* _Extracted entries_
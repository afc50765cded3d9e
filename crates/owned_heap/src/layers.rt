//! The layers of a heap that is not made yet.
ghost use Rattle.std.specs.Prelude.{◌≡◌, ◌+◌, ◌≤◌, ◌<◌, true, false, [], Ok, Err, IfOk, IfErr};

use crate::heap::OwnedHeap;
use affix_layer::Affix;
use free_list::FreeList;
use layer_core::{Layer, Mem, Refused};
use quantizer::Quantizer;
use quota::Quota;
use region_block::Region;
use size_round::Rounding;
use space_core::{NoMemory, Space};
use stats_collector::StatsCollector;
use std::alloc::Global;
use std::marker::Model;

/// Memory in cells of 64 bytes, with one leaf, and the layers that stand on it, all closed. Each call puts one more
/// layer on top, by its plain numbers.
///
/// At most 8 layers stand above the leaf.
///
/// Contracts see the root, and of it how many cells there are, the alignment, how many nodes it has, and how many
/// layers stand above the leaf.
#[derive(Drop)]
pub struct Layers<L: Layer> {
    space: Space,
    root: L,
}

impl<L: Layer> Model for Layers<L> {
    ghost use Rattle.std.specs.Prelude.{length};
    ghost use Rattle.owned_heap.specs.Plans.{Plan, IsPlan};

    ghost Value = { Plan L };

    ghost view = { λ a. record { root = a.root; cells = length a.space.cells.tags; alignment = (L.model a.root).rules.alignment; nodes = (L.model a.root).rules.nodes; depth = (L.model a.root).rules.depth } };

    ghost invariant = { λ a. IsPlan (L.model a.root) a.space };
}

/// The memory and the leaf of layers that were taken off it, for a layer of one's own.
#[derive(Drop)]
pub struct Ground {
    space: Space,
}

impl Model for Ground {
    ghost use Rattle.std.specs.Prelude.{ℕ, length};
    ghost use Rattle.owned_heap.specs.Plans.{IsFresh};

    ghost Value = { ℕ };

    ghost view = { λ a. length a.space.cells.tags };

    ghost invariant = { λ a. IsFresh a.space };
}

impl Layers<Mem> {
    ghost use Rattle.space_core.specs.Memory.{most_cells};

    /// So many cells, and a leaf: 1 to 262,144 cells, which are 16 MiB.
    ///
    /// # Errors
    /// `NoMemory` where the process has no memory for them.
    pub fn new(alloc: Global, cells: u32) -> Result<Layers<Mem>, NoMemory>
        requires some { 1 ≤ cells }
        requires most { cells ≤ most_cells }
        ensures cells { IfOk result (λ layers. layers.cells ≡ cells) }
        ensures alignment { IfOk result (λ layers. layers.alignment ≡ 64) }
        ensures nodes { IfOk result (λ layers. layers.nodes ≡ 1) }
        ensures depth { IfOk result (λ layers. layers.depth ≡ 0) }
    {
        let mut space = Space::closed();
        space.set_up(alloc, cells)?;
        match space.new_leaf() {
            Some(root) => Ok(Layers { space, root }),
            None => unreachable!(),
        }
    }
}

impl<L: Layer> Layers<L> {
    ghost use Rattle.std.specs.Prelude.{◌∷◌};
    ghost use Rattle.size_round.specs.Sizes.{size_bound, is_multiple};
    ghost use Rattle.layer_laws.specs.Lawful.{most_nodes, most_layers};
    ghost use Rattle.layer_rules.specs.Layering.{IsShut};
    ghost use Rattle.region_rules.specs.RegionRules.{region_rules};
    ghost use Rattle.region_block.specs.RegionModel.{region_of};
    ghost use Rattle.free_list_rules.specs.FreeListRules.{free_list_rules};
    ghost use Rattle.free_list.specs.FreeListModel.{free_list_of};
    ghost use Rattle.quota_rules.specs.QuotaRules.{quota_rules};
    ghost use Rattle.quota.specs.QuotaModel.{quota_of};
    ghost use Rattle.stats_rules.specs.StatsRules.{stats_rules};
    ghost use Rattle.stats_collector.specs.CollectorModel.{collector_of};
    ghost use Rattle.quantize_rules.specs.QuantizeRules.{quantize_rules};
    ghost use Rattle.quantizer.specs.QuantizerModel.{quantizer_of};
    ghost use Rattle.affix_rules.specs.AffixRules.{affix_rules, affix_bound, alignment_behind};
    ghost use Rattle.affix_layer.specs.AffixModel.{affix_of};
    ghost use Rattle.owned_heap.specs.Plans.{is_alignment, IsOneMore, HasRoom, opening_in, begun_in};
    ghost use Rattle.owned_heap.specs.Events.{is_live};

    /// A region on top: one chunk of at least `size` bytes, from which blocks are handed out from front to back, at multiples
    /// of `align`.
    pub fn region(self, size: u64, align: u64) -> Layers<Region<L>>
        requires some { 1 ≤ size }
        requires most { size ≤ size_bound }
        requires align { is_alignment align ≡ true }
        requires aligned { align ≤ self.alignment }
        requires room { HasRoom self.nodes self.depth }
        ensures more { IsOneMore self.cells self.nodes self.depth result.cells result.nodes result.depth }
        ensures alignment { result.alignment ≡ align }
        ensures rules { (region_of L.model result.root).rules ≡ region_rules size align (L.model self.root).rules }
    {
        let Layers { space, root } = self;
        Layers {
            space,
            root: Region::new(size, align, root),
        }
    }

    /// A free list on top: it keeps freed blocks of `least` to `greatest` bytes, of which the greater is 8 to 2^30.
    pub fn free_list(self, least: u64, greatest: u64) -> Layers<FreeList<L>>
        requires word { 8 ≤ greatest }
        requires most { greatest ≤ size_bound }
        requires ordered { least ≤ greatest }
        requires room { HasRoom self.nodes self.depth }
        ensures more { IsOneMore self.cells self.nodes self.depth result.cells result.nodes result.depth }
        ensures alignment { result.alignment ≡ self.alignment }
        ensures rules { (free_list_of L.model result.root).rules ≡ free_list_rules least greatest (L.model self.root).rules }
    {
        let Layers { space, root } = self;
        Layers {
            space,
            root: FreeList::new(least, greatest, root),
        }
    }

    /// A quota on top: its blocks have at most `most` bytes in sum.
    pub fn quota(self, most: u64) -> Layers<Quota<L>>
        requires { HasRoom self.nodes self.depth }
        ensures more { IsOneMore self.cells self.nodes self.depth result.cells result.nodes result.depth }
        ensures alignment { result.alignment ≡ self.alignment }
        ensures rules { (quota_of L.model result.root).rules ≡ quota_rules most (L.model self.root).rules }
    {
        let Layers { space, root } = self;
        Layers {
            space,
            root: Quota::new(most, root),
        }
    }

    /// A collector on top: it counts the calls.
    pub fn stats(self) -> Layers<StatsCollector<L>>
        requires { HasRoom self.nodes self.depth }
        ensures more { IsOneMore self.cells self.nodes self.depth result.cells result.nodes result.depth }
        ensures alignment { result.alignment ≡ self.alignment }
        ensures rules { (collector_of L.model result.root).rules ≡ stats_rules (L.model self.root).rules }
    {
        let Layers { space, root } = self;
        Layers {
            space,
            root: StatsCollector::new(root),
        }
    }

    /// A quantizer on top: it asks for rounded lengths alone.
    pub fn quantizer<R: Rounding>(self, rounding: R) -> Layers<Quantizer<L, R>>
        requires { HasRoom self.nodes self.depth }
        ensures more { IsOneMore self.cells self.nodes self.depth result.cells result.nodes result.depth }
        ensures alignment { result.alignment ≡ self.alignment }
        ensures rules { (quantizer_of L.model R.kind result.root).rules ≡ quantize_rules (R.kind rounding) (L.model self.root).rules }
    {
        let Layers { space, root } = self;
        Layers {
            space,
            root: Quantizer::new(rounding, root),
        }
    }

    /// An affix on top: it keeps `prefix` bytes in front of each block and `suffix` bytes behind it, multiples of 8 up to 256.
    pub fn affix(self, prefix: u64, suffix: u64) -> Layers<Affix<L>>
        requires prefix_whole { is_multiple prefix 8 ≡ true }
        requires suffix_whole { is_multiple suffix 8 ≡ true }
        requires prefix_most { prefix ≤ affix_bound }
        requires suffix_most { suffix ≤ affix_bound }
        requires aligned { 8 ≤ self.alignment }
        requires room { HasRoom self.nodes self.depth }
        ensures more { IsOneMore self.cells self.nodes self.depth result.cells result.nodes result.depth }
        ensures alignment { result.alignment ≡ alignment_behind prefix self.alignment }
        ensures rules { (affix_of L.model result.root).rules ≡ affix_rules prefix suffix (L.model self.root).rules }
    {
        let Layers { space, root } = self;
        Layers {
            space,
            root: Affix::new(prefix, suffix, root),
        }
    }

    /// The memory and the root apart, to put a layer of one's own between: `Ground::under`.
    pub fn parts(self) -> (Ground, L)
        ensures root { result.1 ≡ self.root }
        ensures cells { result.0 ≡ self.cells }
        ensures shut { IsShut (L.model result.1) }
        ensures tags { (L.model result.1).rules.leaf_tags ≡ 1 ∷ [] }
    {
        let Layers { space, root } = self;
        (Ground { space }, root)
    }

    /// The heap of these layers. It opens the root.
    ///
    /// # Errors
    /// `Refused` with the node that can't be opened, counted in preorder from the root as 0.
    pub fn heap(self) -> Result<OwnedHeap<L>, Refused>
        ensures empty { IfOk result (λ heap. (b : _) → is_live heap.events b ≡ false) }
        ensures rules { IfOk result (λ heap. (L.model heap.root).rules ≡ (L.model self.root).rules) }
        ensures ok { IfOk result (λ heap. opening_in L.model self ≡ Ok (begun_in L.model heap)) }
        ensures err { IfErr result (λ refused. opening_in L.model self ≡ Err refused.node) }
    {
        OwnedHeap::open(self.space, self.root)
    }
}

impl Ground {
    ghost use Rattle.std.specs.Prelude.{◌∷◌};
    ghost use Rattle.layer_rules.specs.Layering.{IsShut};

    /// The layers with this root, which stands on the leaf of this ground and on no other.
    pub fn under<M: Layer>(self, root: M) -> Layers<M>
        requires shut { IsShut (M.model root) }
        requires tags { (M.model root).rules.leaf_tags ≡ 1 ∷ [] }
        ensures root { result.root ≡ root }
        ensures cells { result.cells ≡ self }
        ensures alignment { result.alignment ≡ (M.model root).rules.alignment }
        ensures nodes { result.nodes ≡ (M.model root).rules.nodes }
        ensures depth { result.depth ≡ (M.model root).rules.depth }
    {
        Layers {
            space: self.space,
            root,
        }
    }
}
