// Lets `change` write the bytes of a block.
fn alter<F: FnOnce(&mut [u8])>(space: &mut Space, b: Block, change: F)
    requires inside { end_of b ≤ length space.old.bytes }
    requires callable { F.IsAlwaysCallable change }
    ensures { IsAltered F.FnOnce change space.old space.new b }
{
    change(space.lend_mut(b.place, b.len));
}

* _Required work_
The expected answer is an exact copy of the lines above, beginning at the line with "is_multiple prefix 8" and ending at the line with "8 ≤ self.alignment", with both ends in.

* _Task response_
        requires prefix_whole { is_multiple prefix 8 ≡ true }
        requires suffix_whole { is_multiple suffix 8 ≡ true }
        requires prefix_most { prefix ≤ affix_bound }
        requires suffix_most { suffix ≤ affix_bound }
        requires aligned { 8 ≤ self.alignment }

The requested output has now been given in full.